After assembly, run quast to generate a report that gives you information about about the quality of your assembly.
module load quast
quast.py -o quast_MM17-34 MM17_34_assembly/contigs.fasta
- original sequencing reads
- final quality-filtered reads used for assembly
- fastqc of original raw sequencing reads
- fastqc of final quality-filtered reads used for assembly
- quast report (pdf)
- fasta of assembled genome (rename it with strain name, for example, "MM17-34_contigs.fasta" instead of "contigs.fasta")
- MiGA Online results: Genus (or lowest taxonomy with high certainty), % Completeness, % Contamination, Quality rating (High, Excellent)

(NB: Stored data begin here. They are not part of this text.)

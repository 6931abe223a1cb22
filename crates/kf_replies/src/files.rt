//! Replies that report what a read or a write of a file returned.

ghost use Rattle.std.specs.Prelude.{◌≡◌};
ghost use Rattle.kf_replies.specs.ReplyParts.{count_text, error_text};

use kf_pages::FileError;
use kf_script::Reply;

/// Writes why a read or a write of a file failed: a refusal, or the fault of a callback.
pub fn tell_error(reply: &mut Reply, error: FileError)
    ensures told { reply.new ≡ error_text error }
{
    match error {
        FileError::Refused(refusal) => reply.set_refusal(refusal),
        FileError::Callback(fault) => reply.set_fault(fault.number),
    }
}

/// Writes the number that a store returned, or why there is none.
pub fn tell_count(reply: &mut Reply, told: Result<usize, FileError>)
    ensures told { reply.new ≡ count_text told }
{
    match told {
        Ok(count) => reply.set_number(count),
        Err(error) => tell_error(reply, error),
    }
}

- annotation of genes - prokka (hipergator) - will give you annotated .fna, annotated .faa, total genome length, total coding sequences (CDS), etc and/or submit to IMG/MER (see below) that will give similar products (but it takes time to go through their system).
module load prokka
prokka --outdir samplename_prokka/ --prefix samplename samplename.fasta
- pangenome analysis (only for genomes in the same genus) - roary (input = directory of .gff files from prokka)
module load roary
roary -e --mafft -i 90 -r *.gff
module load fasttree
FastTree -nt -gtr core_gene_alignment.aln > core_gene_tree.newick
visualize the output of roary with phandango
-
Pangenomes: calculate Average Nucleotide Identity (ANI) pairwise or in batches
-
Pangenomes: calculate digital DNA-DNA Hybridization (dDDH)
-
Find antibiotics & secondary metabolites: antiSMASH analysis - web-based or on hipergator
-
Find carbohydrate active enzymes (CAZyme annotation) - dbCA metaserver
-
Find Virulence Factors for genera related to human pathogens (Rickettsia, Vibrio, Clostridia): VFDB (Virulence Factor Database)
-
submit original sequencing reads to NCBI's Sequence Read Archive
-
submit genome to GenBank
-
optional: submit genome to IMG/MER for comparative tools, looking at gene neighborhoods, multiple annotations (COG, KEGG, pfam, enzyme #s, etc), map gene presence on KEGG pathways.